▶ **TASK REQUIREMENTS**:
Nothing but the lines from the start of the records through the line that contains "01's d0 to d7." is to be copied, and each is to be copied exactly.

▶ **STUDY MATERIAL**:
··········

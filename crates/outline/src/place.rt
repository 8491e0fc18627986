// Places on the ground, in metres: a cell is a quarter of a metre wide.
ghost use Rattle.std.specs.Prelude.{◌≡◌};
ghost use Rattle.outline.specs.Places as places;

// Document 01's place.
#[derive(Clone, Copy, Debug, PartialEq)]
pub struct Place {
    pub east: f64,
    pub north: f64,
}

// A quarter of a number of cells, exactly; zero is positive zero.
pub fn quarter(n: i32) -> f64
    ensures { result ≡ places.quarter n }
{
    (n as f64) * 0.25
}

// The place of the cell (x, y).
pub fn place_of(x: i32, y: i32) -> Place
    ensures { result ≡ places.place_of x y }
{
    Place {
        east: quarter(x),
        north: quarter(y),
    }
}
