// The place of a vertex of an outline.
ghost use Rattle.std.specs.Prelude.{◌≡◌, ℕ, ◌<◌};
ghost use Rattle.octagon.specs.Answers.{outcome};
ghost use Rattle.outline.specs.Walk as walk;
ghost use Rattle.outline.specs.Places as places;

use crate::Outline;
use crate::place::{Place, place_of};
use crate::walk::vertex;
use octagon::Refusal;

// Vertex k (document 01's corner k) in metres, where the vertices fit 32 bits. Refuses a number above 7.
pub fn place_of_vertex(o: Outline, k: u32) -> Result<Place, Refusal>
    requires { (n : ℕ) → n < 8 → places.HeldCell (walk.vertex o n) }
    ensures { outcome result ≡ places.place_of_vertex o k }
{
    if k > 7 {
        return Err(Refusal::NoVertex);
    }
    let v = vertex(o, k as usize);
    Ok(place_of(v.x as i32, v.y as i32))
}
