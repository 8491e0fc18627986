// Document 01's fixed numbers: the eight step vectors, and beside them the thirteen pieces.
ghost use Rattle.std.specs.Prelude.{◌≡◌};
ghost use Rattle.outline.specs.Tables as tables;

// The steps along the sides, each east and north: document 01's d0 to d7.
pub const STEPS: [[i32; 2]; 8] = [
    [1, 0],
    [1, 1],
    [0, 1],
    [-1, 1],
    [-1, 0],
    [-1, -1],
    [0, -1],
    [1, -1],
];

// Document 01's pieces K1 to K13: for each the lengths of its eight sides along these steps, from (0, 0).
pub const PIECES: [[u32; 8]; 13] = [
    [1, 0, 0, 0, 1, 0, 0, 0],
    [0, 1, 0, 0, 0, 1, 0, 0],
    [0, 0, 1, 0, 0, 0, 1, 0],
    [0, 0, 0, 1, 0, 0, 0, 1],
    [1, 0, 1, 0, 0, 1, 0, 0],
    [1, 0, 0, 1, 0, 0, 1, 0],
    [0, 1, 0, 0, 1, 0, 1, 0],
    [0, 0, 1, 0, 1, 0, 0, 1],
    [2, 0, 0, 1, 0, 1, 0, 0],
    [0, 1, 0, 0, 2, 0, 0, 1],
    [0, 1, 0, 1, 0, 0, 2, 0],
    [0, 0, 2, 0, 0, 1, 0, 1],
    [0, 1, 0, 1, 0, 1, 0, 1],
];

// The sides of the piece in row k of the table, counted from 0; eight noughts past its end.
pub fn piece_sides(k: usize) -> [u32; 8]
    ensures { result ≡ tables.piece_sides k }
{
    if k < 13 {
        return PIECES[k];
    }
    [0; 8]
}
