// The octagon of an outline that closes. Its vertices are in 64 bits, wide enough for any start and any lengths.
ghost use Rattle.std.specs.Prelude.{◌≡◌, true};
ghost use Rattle.std.specs.Int.{w32};
ghost use Rattle.octagon.specs.NormalForm as form;
ghost use Rattle.octagon.specs.Answers.{outcome};
ghost use Rattle.octagon.specs.Widths.{Held};
ghost use Rattle.outline.specs.Tracing as tracing;

use crate::Outline;
use crate::walk::{Cell, vertex};
use octagon::{Octagon, Refusal, on_map};

// The bounds that four vertices reach, where they fit 32 bits: bounds k-1 and k meet in vertex k.
fn bounds_at(v1: Cell, v3: Cell, v5: Cell, v7: Cell) -> Octagon
    requires { Held w32 (tracing.bounds_at v1 v3 v5 v7) }
    ensures { result ≡ tracing.bounds_at v1 v3 v5 v7 }
{
    Octagon {
        c0: (-v1.y) as i32,
        c1: (v1.x - v1.y) as i32,
        c2: v3.x as i32,
        c3: (v3.x + v3.y) as i32,
        c4: v5.y as i32,
        c5: (v5.y - v5.x) as i32,
        c6: (-v7.x) as i32,
        c7: (-v7.x - v7.y) as i32,
    }
}

// The bounds of an outline as an answer: refused where they leave the map.
pub fn draw(o: Outline) -> Result<Octagon, Refusal>
    requires { form.is_on_map (tracing.drawn o) ≡ true → Held w32 (tracing.drawn o) }
    ensures { outcome result ≡ form.placed (tracing.drawn o) }
{
    let v1 = vertex(o, 1);
    let v3 = vertex(o, 3);
    let v5 = vertex(o, 5);
    let v7 = vertex(o, 7);
    if !on_map(-v1.y, v3.x, v5.y, -v7.x) {
        return Err(Refusal::OffMap);
    }
    Ok(bounds_at(v1, v3, v5, v7))
}
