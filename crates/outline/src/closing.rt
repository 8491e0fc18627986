// Whether an outline closes.
ghost use Rattle.std.specs.Prelude.{◌≡◌, ◌+◌};
ghost use Rattle.outline.specs.Closing as closing;

use crate::Outline;

// The sum of three lengths, which always fits.
fn sum3(a: u32, b: u32, c: u32) -> u64
    ensures { result ≡ a + b + c }
{
    (a as u64) + (b as u64) + (c as u64)
}

// Whether as many columns are walked forth as back, and as many rows up as down.
pub fn closes(o: Outline) -> bool
    ensures { result ≡ closing.closes o }
{
    (sum3(o.n0, o.n1, o.n7) == sum3(o.n3, o.n4, o.n5))
        & (sum3(o.n1, o.n2, o.n3) == sum3(o.n5, o.n6, o.n7))
}
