// The walk round an outline, vertex by vertex, in 64 bits: wide enough for any start and any lengths.
ghost use Rattle.std.specs.Prelude.{◌≡◌, ◌≤◌, ◌<◌, pos, ◌+ℤ◌, ◌*ℤ◌};
ghost use Rattle.std.specs.Int.{w64};
ghost use Rattle.std.proofs.Common.{SFits};
ghost use Rattle.outline.specs.Walk as walk;

use crate::Outline;
use crate::tables::STEPS;

// Document 01's cell.
#[derive(Clone, Copy, Debug, PartialEq, Eq, Hash)]
pub struct Cell {
    pub x: i64,
    pub y: i64,
}

// A step along a side: how far it goes east, and how far north.
#[derive(Clone, Copy, Debug, PartialEq, Eq, Hash)]
struct Step {
    east: i32,
    north: i32,
}

// The step along side k.
fn step_along(k: usize) -> Step
    requires { k < 8 }
    ensures east { result.east ≡ walk.east k }
    ensures north { result.north ≡ walk.north k }
{
    let [east, north] = STEPS[k];
    Step { east, north }
}

// A coordinate after n steps of d.
fn moved(a: i64, d: i32, n: u32) -> i64
    requires { SFits w64 (a +ℤ d *ℤ pos n) }
    ensures { result ≡ a +ℤ d *ℤ pos n }
{
    a + (d as i64) * (n as i64)
}

// Vertex k of the walk: document 01's corner k. Vertex 8 is where the walk ends.
pub fn vertex(o: Outline, k: usize) -> Cell
    requires { k ≤ 8 }
    ensures { result ≡ walk.vertex o k }
{
    let mut x = o.i as i64;
    let mut y = o.j as i64;
    for m in 0..k {
        let d = step_along(m);
        let n = o.sides()[m];
        x = moved(x, d.east, n);
        y = moved(y, d.north, n);
    }
    Cell { x, y }
}
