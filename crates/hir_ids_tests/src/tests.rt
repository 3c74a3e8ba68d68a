//! Worked examples.

mod idents;
mod ids;
mod owners;
mod primitives;
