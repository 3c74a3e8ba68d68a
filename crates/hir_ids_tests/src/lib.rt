//! Tests of `hir_ids`: names of primitive types, owners, and ids with their conversions and order,
//! as tables that were made by hand.
//!
//! They are a crate of their own, since a crate with tests is proved once more with them.
#![tactic(auto)]

#[cfg(test)]
mod tests;
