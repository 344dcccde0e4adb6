//! The names of animals as the names of files, which Linux, Windows, Macs and sticks can hold and tell apart.
#![tactic(auto)]

mod clean;
mod cut;
mod device;
mod folded;
mod laws;
mod names;
mod names_fault;
mod numbered;

pub use clean::{NAME_BYTES, file_name};
pub use laws::{
    clean_names_are_utf8, clean_names_name_files, file_names_are_utf8, file_names_differ,
    file_names_name_files,
};
pub use names::file_names;
pub use names_fault::NamesFault;
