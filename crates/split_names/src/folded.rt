// What names have in common that differ in capitals or in the form of letters alone.

ghost use Rattle.std.specs.Prelude.{◌≡◌, IfOk, chars, encode_utf8_all, string_bytes};
ghost use Rattle.caseless.specs.Caseless.{canonical_key};
ghost use Rattle.split_names.specs.Names.{folded};

use caseless::default_case_fold_str;
use range_plane::OutOfMemory;
use std::alloc::Global;
use unicode_normalization::to_nfd;

// A text folded, for canonical caseless matching.
fn folded_text(alloc: Global, text: &str) -> Result<String, OutOfMemory>
    ensures { IfOk result (λ key. string_bytes key ≡ encode_utf8_all (canonical_key (chars text.now))) }
{
    let parts = to_nfd(alloc, text)?;
    let small = default_case_fold_str(alloc, parts.as_str())?;
    Ok(to_nfd(alloc, small.as_str())?)
}

// A name folded.
pub(crate) fn folded(alloc: Global, name: &[u8]) -> Result<Vec<u8>, OutOfMemory>
    ensures { IfOk result (λ key. key.items ≡ folded name.now) }
{
    match str::from_utf8(name) {
        Ok(text) => Ok(folded_text(alloc, text)?.into_bytes()),
        Err(_no_text) => Ok(Vec::from_slice(alloc, name)?),
    }
}
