// Names with a number behind them.

ghost use Rattle.std.specs.Prelude.{◌≡◌, ◌+◌, ◌++◌, IfOk};
ghost use Rattle.std.specs.List.{list_any};
ghost use Rattle.std.specs.Str.{bytes_eq};
ghost use Rattle.split_names.specs.Names.{bytes_of, ending, folded, numbered, with_number};

use crate::clean::NAME_BYTES;
use crate::cut::cut;
use crate::folded::folded;
use itoa::Buffer;
use range_plane::OutOfMemory;
use std::alloc::Global;

// A name that folds as none before it, and what it folds to.
#[derive(Drop)]
pub(crate) struct Found {
    pub name: Vec<u8>,
    pub folded: Vec<u8>,
}

// A number as it stands behind a name.
fn ending(alloc: Global, number: usize) -> Result<Vec<u8>, OutOfMemory>
    ensures { IfOk result (λ own. own.items ≡ ending number) }
{
    let mut own = Vec::from_slice(alloc, b"_")?;
    let mut buffer = Buffer::new();
    own.extend_from_slice(buffer.format(number).as_bytes())?;
    Ok(own)
}

// A name with a number behind it, within the bytes that a name may have.
fn with_number(alloc: Global, name: &[u8], number: usize) -> Result<Vec<u8>, OutOfMemory>
    ensures { IfOk result (λ own. own.items ≡ with_number name.now number) }
{
    let ending = ending(alloc, number)?;
    let mut own = Vec::from_slice(alloc, name)?;
    cut(&mut own, NAME_BYTES.saturating_sub(ending.len()));
    own.extend_from_slice(&ending)?;
    Ok(own)
}

// Whether a folded name is one of these.
fn is_among(others: &[Vec<u8>], key: &[u8]) -> bool
    ensures { result ≡ list_any (bytes_eq key.now) (bytes_of others.now) }
{
    for other in others {
        if key == other.as_slice() {
            return true;
        }
    }
    false
}

// Whether a folded name is one of these first ones or of those others.
fn is_taken(first: &[Vec<u8>], others: &[Vec<u8>], key: &[u8]) -> bool
    ensures { result ≡ list_any (bytes_eq key.now) (bytes_of first.now ++ bytes_of others.now) }
{
    is_among(first, key) || is_among(others, key)
}

// A name with a number behind it, and what that folds to.
fn found_with(alloc: Global, name: &[u8], number: usize) -> Result<Found, OutOfMemory>
    ensures name { IfOk result (λ found. found.name.items ≡ with_number name.now number) }
    ensures folded { IfOk result (λ found. found.folded.items ≡ folded (with_number name.now number)) }
{
    let name = with_number(alloc, name, number)?;
    let folded = folded(alloc, &name)?;
    Ok(Found { name, folded })
}

// The name with the first number from 2 on by which it folds as none that is taken: none of these first ones, and none
// of those others.
pub(crate) fn numbered(
    alloc: Global,
    name: &[u8],
    first: &[Vec<u8>],
    others: &[Vec<u8>],
) -> Result<Found, OutOfMemory>
    ensures name { IfOk result (λ found. found.name.items
        ≡ numbered (bytes_of first.now ++ bytes_of others.now) name.now) }
    ensures folded { IfOk result (λ found. found.folded.items ≡ folded found.name.items) }
{
    let count = first.len() + others.len();
    for tried in 0..count {
        let found = found_with(alloc, name, tried + 2)?;
        if !is_taken(first, others, &found.folded) {
            return Ok(found);
        }
    }
    Ok(found_with(alloc, name, count + 2)?)
}
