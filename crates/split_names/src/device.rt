// Names of devices of Windows.

ghost use Rattle.std.specs.Prelude.{◌≡◌, ◌<◌, IfSome, length};
ghost use Rattle.split_names.specs.Device.{is_device, is_device_word, is_port, is_port_number, is_word, ends_word, next_sign, stop_in};

// Whether a word is this one, in capital or small letters of ASCII.
fn is_word(word: &[u8], other: &[u8]) -> bool
    ensures { result ≡ is_word word.now other.now }
{
    word.eq_ignore_ascii_case(other)
}

// Whether bytes are a digit, or `¹`, `²` or `³`.
fn is_port_number(bytes: &[u8]) -> bool
    ensures { result ≡ is_port_number bytes.now }
{
    match bytes {
        [digit] => digit.is_ascii_digit(),
        [first, second] => {
            *first == 0xC2 && (*second == 0xB9 || *second == 0xB2 || *second == 0xB3)
        }
        _ => false,
    }
}

// Whether a word is `com` or `lpt` with such a number behind it.
fn is_port(word: &[u8]) -> bool
    ensures { result ≡ is_port word.now }
{
    let (kind, number) = word.split_at(word.len().min(3));
    (is_word(kind, b"com") || is_word(kind, b"lpt")) && is_port_number(number)
}

// Whether a word is that of a device.
fn is_device_word(word: &[u8]) -> bool
    ensures { result ≡ is_device_word word.now }
{
    is_word(word, b"con")
        || is_word(word, b"prn")
        || is_word(word, b"aux")
        || is_word(word, b"nul")
        || is_word(word, b"conin$")
        || is_word(word, b"conout$")
        || is_port(word)
}

// Where the first point or blank of a name stands.
fn stop_in(name: &[u8]) -> Option<usize>
    ensures place { result ≡ stop_in name.now }
    ensures within { IfSome result (λ stop. stop < length name.now) }
{
    name.iter().position(|byte| *byte == b'.' || *byte == b' ')
}

// The first byte that is no blank.
fn next_sign(bytes: &[u8]) -> Option<u8>
    ensures { result ≡ next_sign bytes.now }
{
    bytes.iter().copied().find(|byte| *byte != b' ')
}

// Whether blanks that stand here, or none, end the name or come before a point.
fn ends_word(behind: &[u8]) -> bool
    ensures { result ≡ ends_word behind.now }
{
    match next_sign(behind) {
        None => true,
        Some(sign) => sign == b'.',
    }
}

// Whether a name is that of a device, alone or before a point, perhaps with blanks between.
#[tactic(auto, unfolding(crate::specs::Device::is_device))]
pub(crate) fn is_device(name: &[u8]) -> bool
    ensures { result ≡ is_device name.now }
{
    let Some(stop) = stop_in(name) else {
        return is_device_word(name);
    };
    is_device_word(&name[..stop]) && ends_word(&name[stop..])
}
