// Laws of the names of files, for who reads what is promised. Each is a function that does nothing and promises the
// law; nobody calls it.

ghost use Rattle.split_names.specs.Laws.{CleanNamesAreUtf8, CleanNamesNameFiles, FileNamesAreUtf8, FileNamesDiffer, FileNamesNameFiles};

/// What the name of an animal becomes may name a file, also one of fixes, where it is not empty.
pub fn clean_names_name_files()
    ensures { CleanNamesNameFiles }
{}

/// What the name of an animal becomes is UTF-8 where the name is, so no character is cut in two.
pub fn clean_names_are_utf8()
    ensures { CleanNamesAreUtf8 }
{}

/// The names of the files of several animals may name files too, also those with a number.
pub fn file_names_name_files()
    ensures { FileNamesNameFiles }
{}

/// And they are UTF-8, also those with a number.
pub fn file_names_are_utf8()
    ensures { FileNamesAreUtf8 }
{}

/// No two names of files fold alike, so no two are the same, and each clean name with a number found a free one.
pub fn file_names_differ()
    ensures { FileNamesDiffer }
{}
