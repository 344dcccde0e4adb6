// Why animals have no names of files.

ghost use Rattle.std.specs.Prelude.{◌≡◌};
ghost use Rattle.split_names.specs.declared.names_fault.NamesFault.TheVariants as faults;

use range_plane::OutOfMemory;
use std::alloc::AllocFailed;

/// Why animals have no names of files. Animals are numbered from 0.
#[derive(Clone, Copy, PartialEq, Eq, Debug)]
pub enum NamesFault {
    /// An allocation failed.
    OutOfMemory,
    /// The files of two animals would have the same name. `second` is the first animal whose clean name an earlier
    /// one has, and `first` is that one.
    Same { first: usize, second: usize },
}

impl From<OutOfMemory> for NamesFault {
    ghost from_gives = { λ _ fault. fault ≡ faults.OutOfMemory };

    fn from(_refused: OutOfMemory) -> NamesFault {
        NamesFault::OutOfMemory
    }
}

impl<T: Drop> From<AllocFailed<T>> for NamesFault {
    ghost from_gives = { λ _ fault. fault ≡ faults.OutOfMemory };

    fn from(_refused: AllocFailed<T>) -> NamesFault {
        NamesFault::OutOfMemory
    }
}
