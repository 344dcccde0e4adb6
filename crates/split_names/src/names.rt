// The names of the files of several animals.

ghost use Rattle.std.specs.Prelude.{◌≡◌, [], IfErr, IfOk, Ok, length, map};
ghost use Rattle.split_names.specs.Clean.{clean};
ghost use Rattle.split_names.specs.Names.{IsFaultOf, bytes_of, file_names, folded, named, same_after};

use crate::clean::file_name;
use crate::folded::folded;
use crate::names_fault::NamesFault;
use crate::numbered::numbered;
use indexmap::IndexSet;
use range_plane::OutOfMemory;
use std::alloc::{Allocator, Global};

// The clean name of each animal.
fn clean_names<A: Allocator>(
    alloc: Global,
    names: &[Vec<u8, A>],
) -> Result<Vec<Vec<u8>>, OutOfMemory>
    ensures { IfOk result (λ own. bytes_of own.items
        ≡ map clean (bytes_of names.now)) }
{
    let mut own = Vec::new(alloc);
    for name in names {
        own.push(file_name(alloc, name)?)?;
    }
    Ok(own)
}

// Each of some names folded.
fn folded_names(alloc: Global, names: &[Vec<u8>]) -> Result<Vec<Vec<u8>>, OutOfMemory>
    ensures { IfOk result (λ keys. bytes_of keys.items
        ≡ map folded (bytes_of names.now)) }
{
    let mut keys = Vec::new(alloc);
    for name in names {
        keys.push(folded(alloc, name)?)?;
    }
    Ok(keys)
}

// The places of the first two names that are the same.
fn same_names(alloc: Global, names: &[Vec<u8>]) -> Result<Option<(usize, usize)>, OutOfMemory>
    ensures { IfOk result (λ places. places ≡ same_after [] (bytes_of names.now)) }
{
    let mut met = IndexSet::new(alloc);
    for (place, name) in names.iter().enumerate() {
        let (first, is_new) = met.insert_full(name.as_slice())?;
        if !is_new {
            return Ok(Some((first, place)));
        }
    }
    Ok(None)
}

// A name once more.
fn copy_of(alloc: Global, name: &[u8]) -> Result<Vec<u8>, OutOfMemory>
    ensures { IfOk result (λ copy. copy.items ≡ name.now) }
{
    Ok(Vec::from_slice(alloc, name)?)
}

// The names of files for clean names, which fold to these keys.
fn named(alloc: Global, names: &[Vec<u8>], keys: &[Vec<u8>]) -> Result<Vec<Vec<u8>>, OutOfMemory>
    requires { bytes_of keys.now ≡ map folded (bytes_of names.now) }
    ensures { IfOk result (λ own. bytes_of own.items
        ≡ named [] (bytes_of keys.now) (bytes_of names.now)) }
{
    let mut own = Vec::new(alloc);
    let mut added = Vec::new(alloc);
    let mut met = IndexSet::new(alloc);
    for (place, name) in names.iter().enumerate() {
        let is_first = met.insert(keys[place].as_slice())?;
        if is_first {
            own.push(copy_of(alloc, name)?)?;
        } else {
            let found = numbered(alloc, name, keys, &added)?;
            own.push(found.name)?;
            added.push(found.folded)?;
        }
    }
    Ok(own)
}

/// The name of the file of each animal, for the names of animals in the order of their first records. Of clean names
/// that differ in capitals or in the form of letters alone the first stays, and each other one has a number behind it,
/// the first from 2 on that tells it from all. Names are compared by canonical caseless matching, as the Unicode of the
/// crates `unicode_normalization` and `caseless` has it; one that is no UTF-8 is like itself alone.
///
/// # Errors
///
/// Two animals have the same clean name, or memory ran out.
pub fn file_names<A: Allocator>(
    alloc: Global,
    names: &[Vec<u8, A>],
) -> Result<Vec<Vec<u8>>, NamesFault>
    ensures names { IfOk result (λ own. file_names (bytes_of names.now)
        ≡ Ok (bytes_of own.items)) }
    ensures fault { IfErr result (IsFaultOf (file_names (bytes_of names.now))) }
{
    let cleaned = clean_names(alloc, names)?;
    if let Some((first, second)) = same_names(alloc, &cleaned)? {
        return Err(NamesFault::Same { first, second });
    }
    let keys = folded_names(alloc, &cleaned)?;
    Ok(named(alloc, &cleaned, &keys)?)
}
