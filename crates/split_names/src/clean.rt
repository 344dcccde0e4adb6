// The name of an animal as the name of a file.

ghost use Rattle.std.specs.Prelude.{◌≡◌, IfOk, OnOk, map};
ghost use Rattle.split_names.specs.Clean.{clean, no_device, plain, plain_at_edge, plain_at_end, plain_at_start};

use crate::cut::cut;
use crate::device::is_device;
use range_plane::OutOfMemory;
use std::alloc::Allocator;

/// How many bytes of UTF-8 the name of a file may have, without what the file's kind puts behind it.
pub const NAME_BYTES: usize = 32;

// A byte, or `_` in its place.
fn plain(byte: u8) -> u8
    ensures { result ≡ plain byte }
{
    match byte {
        0..=31 | 127 => b'_',
        b'<' | b'>' | b':' | b'"' | b'/' | b'\\' | b'|' | b'?' | b'*' | b',' => b'_',
        _ => byte,
    }
}

// Bytes with `_` in the place of some.
fn plain_bytes<A: Allocator>(alloc: A, bytes: &[u8]) -> Result<Vec<u8, A>, OutOfMemory>
    ensures { IfOk result (λ own. own.items ≡ map plain bytes.now) }
{
    let mut own = Vec::with_capacity(alloc, bytes.len())?;
    for byte in bytes {
        own.push_reserved(plain(*byte));
    }
    Ok(own)
}

// A byte at the start or the end of a name: `_` for a point or a blank.
fn plain_at_edge(byte: u8) -> u8
    ensures { result ≡ plain_at_edge byte }
{
    match byte {
        b'.' | b' ' => b'_',
        _ => byte,
    }
}

// Puts `_` for a point or a blank at the start.
fn plain_at_start<A: Allocator>(name: &mut Vec<u8, A>)
    ensures { name.new.items ≡ plain_at_start name.old.items }
{
    if !name.is_empty() {
        name[0] = plain_at_edge(name[0]);
    }
}

// Puts `_` for a point or a blank at the end.
fn plain_at_end<A: Allocator>(name: &mut Vec<u8, A>)
    ensures { name.new.items ≡ plain_at_end name.old.items }
{
    let length = name.len();
    if length > 0 {
        name[length - 1] = plain_at_edge(name[length - 1]);
    }
}

// Puts `_` before a name that is that of a device.
fn no_device<A: Allocator>(name: &mut Vec<u8, A>) -> Result<(), OutOfMemory>
    ensures { OnOk result (name.new.items ≡ no_device name.old.items) }
{
    if is_device(name) {
        name.insert(0, b'_')?;
    }
    Ok(())
}

/// The name of an animal as the name of a file: `_` for each control character of ASCII, each of `<>:"/\|?*` and each
/// comma, and for a point or a blank at the start or the end; `_` before the name of a device of Windows, alone or
/// before a point; and at most 32 bytes, by whole characters of UTF-8. An empty name stays empty.
///
/// # Errors
///
/// Memory ran out.
#[tactic(auto, unfolding(crate::specs::Clean::clean))]
pub fn file_name<A: Allocator>(alloc: A, name: &[u8]) -> Result<Vec<u8, A>, OutOfMemory>
    ensures { IfOk result (λ own. own.items ≡ clean name.now) }
{
    let mut own = plain_bytes(alloc, name)?;
    plain_at_start(&mut own);
    no_device(&mut own)?;
    cut(&mut own, NAME_BYTES);
    plain_at_end(&mut own);
    Ok(own)
}
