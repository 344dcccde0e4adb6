// Names cut to so many bytes, by whole characters.

ghost use Rattle.std.specs.Prelude.{◌≡◌, ◌&&◌, nat_le, nat_lt, slice_index};
ghost use Rattle.split_names.specs.Cut.{cut, cut_place, is_inside};

use std::alloc::Allocator;

// How many bytes a character of UTF-8 may have behind its first.
const BYTES_BEHIND: usize = 3;

// Whether the byte at a place, where there is one, is not the first of its character.
fn is_inside(bytes: &[u8], place: usize) -> bool
    ensures { result ≡ is_inside (slice_index bytes.now place) }
{
    match bytes.get(place) {
        Some(byte) => 0x80 <= *byte && *byte < 0xC0,
        None => false,
    }
}

// The place at which bytes are cut to at most so many.
fn cut_place(bytes: &[u8], most: usize) -> usize
    ensures { result ≡ cut_place bytes.now 3 most }
{
    let mut place = most;
    for _back in 0..BYTES_BEHIND {
        if !is_inside(bytes, place) {
            return place;
        }
        place = place.saturating_sub(1);
    }
    place
}

// Cuts a name to at most so many bytes, by whole characters.
#[tactic(auto, unfolding(crate::specs::Cut::cut))]
pub(crate) fn cut<A: Allocator>(name: &mut Vec<u8, A>, most: usize)
    ensures { name.new.items ≡ cut most name.old.items }
{
    name.truncate(cut_place(name, most));
}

··········

▶ **SOLUTION**:
filename crates/outline/src/place.rt
repository 8491e0fc18627986
// Places on the ground, in metres: a cell is a quarter of a metre wide.
ghost use Rattle.std.specs.Prelude.{◌≡◌};
ghost use Rattle.outline.specs.Places as places;

// Document 01's place.
#[derive(Clone, Copy, Debug, PartialEq)]
pub struct Place {
    pub east: f64,
    pub north: f64,
}

// A quarter of a number of cells, exactly; zero is positive zero.
pub fn quarter(n: i32) -> f64
    ensures { result ≡ places.quarter n }
{
    (n as f64) * 0.25
}

// The place of the cell (x, y).
pub fn place_of(x: i32, y: i32) -> Place
    ensures { result ≡ places.place_of x y }
{
    Place {
        east: quarter(x),
        north: quarter(y),
    }
}
// The place of a vertex of an outline.
ghost use Rattle.std.specs.Prelude.{◌≡◌, ℕ, ◌<◌};
ghost use Rattle.octagon.specs.Answers.{outcome};
ghost use Rattle.outline.specs.Walk as walk;
ghost use Rattle.outline.specs.Places as places;

use crate::Outline;
use crate::place::{Place, place_of};
use crate::walk::vertex;
use octagon::Refusal;

// Vertex k (document 01's corner k) in metres, where the vertices fit 32 bits. Refuses a number above 7.
pub fn place_of_vertex(o: Outline, k: u32) -> Result<Place, Refusal>
    requires { (n : ℕ) → n < 8 → places.HeldCell (walk.vertex o n) }
    ensures { outcome result ≡ places.place_of_vertex o k }
{
    if k > 7 {
        return Err(Refusal::NoVertex);
    }
    let v = vertex(o, k as usize);
    Ok(place_of(v.x as i32, v.y as i32))
}
repository 8491e0fc18627986
// Document 01's fixed numbers: the eight step vectors, and beside them the thirteen pieces.
ghost use Rattle.std.specs.Prelude.{◌≡◌};
ghost use Rattle.outline.specs.Tables as tables;

// The steps along the sides, each east and north: document 01's d0 to d7.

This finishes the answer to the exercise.